Mostly everything is pretty focused on what the PCs can see and what is in arm's reach of them. There are not a "million other things." That is an observation drawn from a completely different process of play. Nor would anything except what the players are interested in doing "affect the direction massively." Why would it? The players and their characters are what the game is ABOUT. That is the whole point. There REALLY ARE no plothooks in a pure 'zero myth' kind of play. Of course, you are correct, even DW allows for SOME GM decisions about the world, but DW isn't really a hard 'players invent the narrative' game, at least not directly.
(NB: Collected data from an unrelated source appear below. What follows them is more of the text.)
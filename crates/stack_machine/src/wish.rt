//! What a machine wishes, and how private work ends early.

ghost use Rattle.std.specs.Prelude.{◌≡◌};
ghost use Rattle.stack_machine.specs.declared.wish.Halt.TheVariants as halt;

use std::alloc::AllocFailed;
use upc_text::{OutOfMemory, Place};
use upc_values::Action;

/// What a thread asks for, or how it ended.
#[derive(Drop)]
pub enum Wish {
    Act(Action),
    /// The code gave this value, and no call was left.
    Ended(i32),
    Exit(i32),
    /// A run error, by its number, with the place of its construct.
    Fault(u8, Place),
    /// The ticks reached the budget.
    Budget,
}

/// How a thread ends by itself.
#[derive(Clone, Copy)]
pub(crate) enum Stop {
    Ended(i32),
    Exit(i32),
    Fault(u8, Place),
    Budget,
}

/// How far a machine is.
#[derive(Clone, Copy)]
pub(crate) enum Phase {
    Ready,
    Asked,
    Over(Stop),
    /// It is of no more use.
    Failed,
}

/// Why an instruction is not done. An action is wanted, or the thread ends, at so many ticks.
#[derive(Drop)]
pub(crate) enum Halt {
    /// There is not enough memory.
    Memory,
    Asks(Action, u64),
    Stops(Stop, u64),
}

impl From<OutOfMemory> for Halt {
    ghost from_gives = { λ _ e. e ≡ halt.Memory };

    fn from(_e: OutOfMemory) -> Halt {
        Halt::Memory
    }
}

impl<T: Drop> From<AllocFailed<T>> for Halt {
    ghost from_gives = { λ _ e. e ≡ halt.Memory };

    fn from(_e: AllocFailed<T>) -> Halt {
        Halt::Memory
    }
}
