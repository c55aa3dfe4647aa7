//! Which typing rule a node breaks first, by what its children are; what each expression is to the node above it (type,
//! form, constant value), and conversions.
#![tactic(auto)]

mod addresses;
pub mod attributes;
pub mod calls;
pub mod constants;
pub mod conversion;
pub mod declarations;
pub mod elements;
pub mod members;
pub mod reached;
pub mod rules;
pub mod sizes;
pub mod statements;
pub mod switch;
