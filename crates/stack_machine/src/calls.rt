//! Calls (C99 6.5.2.2).

ghost use Rattle.std.specs.Prelude.{◌≡◌, ◌+◌, ◌<◌, ◌∷◌, [], List, IfErr, OnOk};
ghost use Rattle.upc_values.specs.declared.action.Action.{Action};
ghost use Rattle.thread_steps.specs.layer.Ranges.{IsNumber};
ghost use Rattle.thread_steps.specs.States.{Thread};
ghost use Rattle.thread_steps.specs.Values.{number_of};
ghost use Rattle.stack_code.specs.declared.instruction.CallWork.TheVariants as work;
ghost use Rattle.stack_code.specs.layer.Steps.{called, given_back};
ghost use Rattle.stack_machine.specs.code.Tasks.{spot_at, task_seen, called_body, begun_body, HasReturned, Remains};
ghost use Rattle.stack_machine.specs.code.Turns.{Arrived, IsFirm, state_seen};

use crate::jumps::close_blocks;
use crate::progress::Progress;
use crate::wish::{Halt, Stop};
use stack_machine_values::stacks::{Operands, Spot, Spots};
use thread_values::int_of;
use upc_text::{OutOfMemory, Place};
use upc_values::Value;

/// Where a thread stands: the place of its next instruction, the arguments that the youngest call was given and has
/// not received yet, its operands, where its calls lead back, and the rest.
#[derive(Drop)]
pub(crate) struct Task {
    pub(crate) function: usize,
    pub(crate) place: usize,
    pub(crate) given: Vec<Value>,
    pub(crate) operands: Operands,
    pub(crate) calls: Spots,
    pub(crate) progress: Progress,
}

impl Task {
    // The spot after this instruction is where a call leads back to.
    fn push_call(&mut self, function: usize) -> Result<(), OutOfMemory>
        requires { self.old.place < usize.MAX }
        ensures { OnOk result (self.new ≡ record self.old {
          function = function;
          place = 0;
          calls = record { function = self.old.function; place = self.old.place + 1 } ∷ self.old.calls;
        }) }
    {
        self.calls.push(Spot {
            function: self.function,
            place: self.place + 1,
        })?;
        self.function = function;
        self.place = 0;
        Ok(())
    }

    /// A call of a function with the youngest operands as arguments.
    pub(crate) fn call(
        &mut self,
        function: usize,
        arguments: usize,
        place: Place,
        budget: u64,
    ) -> Result<(), Halt>
        requires in_time { self.old.progress.ticks < budget }
        requires inside { self.old.place < usize.MAX }
        ensures does { (τ : Thread) → τ.budget ≡ budget → (before : List Action)
            → Arrived before
            (called τ (work.CallTo function arguments) place (spot_at self.old) self.old.given.items
            self.old.operands self.old.calls (state_seen before self.old.progress))
            result self.old.progress self.new.progress (task_seen self.new) }
        ensures remains { Remains result self.old self.new }
        ensures comes { OnOk result (task_seen self.new ≡ called_body function arguments (task_seen self.old)) }
        ensures in_time { OnOk result (self.new.progress.ticks < budget) }
    {
        match self.progress.tick(budget) {
            Err(e) => Err(e),
            Ok(()) => match self.progress.begin_call(place) {
                Err(e) => Err(e),
                Ok(()) => {
                    self.given = self.operands.split_youngest(arguments)?;
                    self.push_call(function)?;
                    Ok(())
                }
            },
        }
    }

    /// A call of a function without arguments and without a tick.
    pub(crate) fn begin(&mut self, function: usize, place: Place) -> Result<(), Halt>
        requires { self.old.place < usize.MAX }
        ensures does { (τ : Thread) (before : List Action)
            → Arrived before
            (called τ (work.Begin function) place (spot_at self.old) self.old.given.items
            self.old.operands self.old.calls (state_seen before self.old.progress))
            result self.old.progress self.new.progress (task_seen self.new) }
        ensures firm { IfErr result IsFirm }
        ensures comes { OnOk result (task_seen self.new ≡ begun_body function (task_seen self.old)) }
    {
        match self.progress.begin_call(place) {
            Err(e) => Err(e),
            Ok(()) => {
                self.given.clear();
                self.push_call(function)?;
                Ok(())
            }
        }
    }

    /// Gives a value back from the youngest call; where none is active the thread ends with it.
    #[tactic(auto, unfolding(thread_steps::specs::Blocks::end_call))]
    pub(crate) fn give_back(&mut self, v: Value) -> Result<(), Halt>
        requires { IsNumber (number_of v) }
        ensures does { (before : List Action)
            → Arrived before
            (given_back v self.old.operands self.old.calls (state_seen before self.old.progress))
            result self.old.progress self.new.progress (task_seen self.new) }
        ensures firm { IfErr result IsFirm }
        ensures comes { OnOk result (HasReturned v (task_seen self.old) (task_seen self.new)) }
    {
        match self.calls.pop() {
            None => Err(Halt::Stops(Stop::Ended(int_of(&v)), self.progress.ticks)),
            Some(spot) => {
                self.progress.store.pop_call();
                self.given.clear();
                self.operands.push(v)?;
                self.function = spot.function;
                self.place = spot.place;
                Ok(())
            }
        }
    }
}
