//! Instructions that call and return.

ghost use Rattle.std.specs.Prelude.{◌≡◌, ◌<◌, ◌≤◌, [], ℕ, length, List, IfErr, OnOk, Err};
ghost use Rattle.block_layout.specs.declared.kind.Shape.{Shape};
ghost use Rattle.upc_text.specs.declared.place.Place.{Place};
ghost use Rattle.upc_values.specs.declared.action.Action.{Action};
ghost use Rattle.thread_steps.specs.layer.Ranges.{IsNumber};
ghost use Rattle.thread_steps.specs.States.{Thread};
ghost use Rattle.thread_steps.specs.Values.{number_of};
ghost use Rattle.stack_code.specs.declared.instruction.CallWork.TheVariants as calls;
ghost use Rattle.stack_code.specs.declared.instruction.Operation.TheVariants as operation;
ghost use Rattle.stack_code.specs.layer.Codes.{function_at};
ghost use Rattle.stack_code.specs.layer.Depths.{LandsAt, call_effect};
ghost use Rattle.stack_code.specs.layer.Steps.{called, further, rest, top};
ghost use Rattle.stack_machine.specs.code.Jumps.{lefts};
ghost use Rattle.stack_machine.specs.code.Kept.{AreHeld, HoldsHeld, IsHolding};
ghost use Rattle.stack_machine.specs.code.Steps.{Advances};
ghost use Rattle.stack_machine.specs.code.Tasks.{spot_at, task_seen, Does, HasReturned, Remains};
ghost use Rattle.stack_machine.specs.code.Turns.{Arrived, IsFirm, state_seen};

use crate::calls::Task;
use crate::jumps::close_blocks;
use crate::runner::Runner;
use crate::wish::{Halt, Stop};
use stack_code::{CallWork, CellAccess, Code};
use thread_values::int_of;
use upc_text::Place;

impl Task {
    // The parameters get the values of the arguments.
    fn receive(&mut self, cells: &[Option<CellAccess>], place: Place) -> Result<(), Halt>
        requires { self.old.place < usize.MAX }
        ensures does { (τ : Thread) (before : List Action)
            → Arrived before
            (called τ (calls.Receive cells.now) place (spot_at self.old) self.old.given.items self.old.operands
            self.old.calls (state_seen before self.old.progress))
            result self.old.progress self.new.progress (task_seen self.new) }
        ensures firm { IfErr result IsFirm }
        ensures comes { OnOk result (task_seen self.new ≡ record (task_seen self.old) {
          at = further 1 (spot_at self.old);
          given = [];
          store = self.new.progress.store;
        }) }
        ensures held { (threads : ℕ) (shapes : List Shape) → HoldsHeld threads shapes self.old.progress.store
            → AreHeld threads shapes self.old.given.items
            → OnOk result (HoldsHeld threads shapes self.new.progress.store) }
    {
        match self.progress.receive(cells, &self.given, place) {
            Err(e) => Err(e),
            Ok(()) => {
                self.given.clear();
                self.place += 1;
                Ok(())
            }
        }
    }

    // Some blocks end, and then the call, which gives the youngest operand.
    #[tactic(auto, using(crate::proofs::Leaving::closes))]
    fn finish(&mut self, blocks: usize, place: Place) -> Result<(), Halt>
        requires { IsNumber (number_of (top self.old.operands)) }
        ensures does { (τ : Thread) (before : List Action)
            → Arrived before
            (called τ (calls.GiveBack blocks) place (spot_at self.old) self.old.given.items self.old.operands
            self.old.calls (state_seen before self.old.progress))
            result self.old.progress self.new.progress (task_seen self.new) }
        ensures firm { IfErr result IsFirm }
        ensures comes { OnOk result (HasReturned (top self.old.operands)
            (record (task_seen self.old) {
              operands = rest self.old.operands;
              store = lefts blocks self.old.progress.store;
            }) (task_seen self.new)) }
    {
        close_blocks(&mut self.progress.store, blocks);
        let v = self.operands.pop();
        self.give_back(v)
    }

    // The thread ends with the youngest operand.
    fn quit(&self) -> Halt
        requires { IsNumber (number_of (top self.now.operands)) }
        ensures does { (τ : Thread) (place : Place) (before : List Action)
            → Arrived before
            (called τ calls.Quit place (spot_at self.now) self.now.given.items self.now.operands self.now.calls
            (state_seen before self.now.progress))
            (Err result) self.now.progress self.now.progress (task_seen self.now) }
        ensures firm { IsFirm result }
    {
        Halt::Stops(
            Stop::Ended(int_of(self.operands.top())),
            self.progress.ticks,
        )
    }

    /// A call, or the way back from one.
    pub(crate) fn call_step(
        &mut self,
        work: &CallWork,
        place: Place,
        code: &Code,
        runner: &Runner,
    ) -> Result<(), Halt>
        requires in_time { self.old.progress.ticks < runner.now.budget }
        requires thread { runner.now.number < code.now.threads }
        requires held { IsHolding code.now.threads code.now.shapes (task_seen self.old) }
        requires lands { LandsAt self.old.place (length (function_at code.now.functions self.old.function))
            (call_effect work.now).leading }
        requires small { length (function_at code.now.functions self.old.function) ≤ usize.MAX }
        requires begins { (f : ℕ) → work.now ≡ calls.Begin f → (self.old.function ≡ 0) × (0 < f) }
        ensures does { Does code.now runner.now (operation.Call work.now) place result self.old self.new }
        ensures remains { Remains result self.old self.new }
        ensures advances { OnOk result
            (Advances code.now runner.now.budget (task_seen self.old) (task_seen self.new)) }
    {
        match work {
            CallWork::CallTo {
                function,
                arguments,
            } => self.call(*function, *arguments, place, runner.budget),
            CallWork::Begin(function) => self.begin(*function, place),
            CallWork::Receive(cells) => self.receive(cells.as_slice(), place),
            CallWork::GiveBack(blocks) => self.finish(*blocks, place),
            CallWork::Quit => Err(self.quit()),
        }
    }
}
In fact, if you read DW carefully, you will come to understand that the GM is, technically, 'in charge of' the contents of the world. She creates Fronts, Steadings, Maps, etc. HOWEVER, while the GM is allowed to have a 'campaign concept' (which is going to center on a Campaign Front presumably) the GM is not supposed to simply impose this idea on the players. She might not even have such a concept going in. She's supposed to ask questions, note what the answers are, and investigate the players and what their characters are like. If the players want to know something about the world, the GM LETS THEM SUPPLY THE ANSWERS (IE if a player asks about who rules the land, turn it back "Well, I don't know, who is it?"). Only AFTER character generation should the GM really start to define some fronts and such. They should reflect what the players want (there is likely to be at least an initial Adventure Front, but it might be something fairly small scale).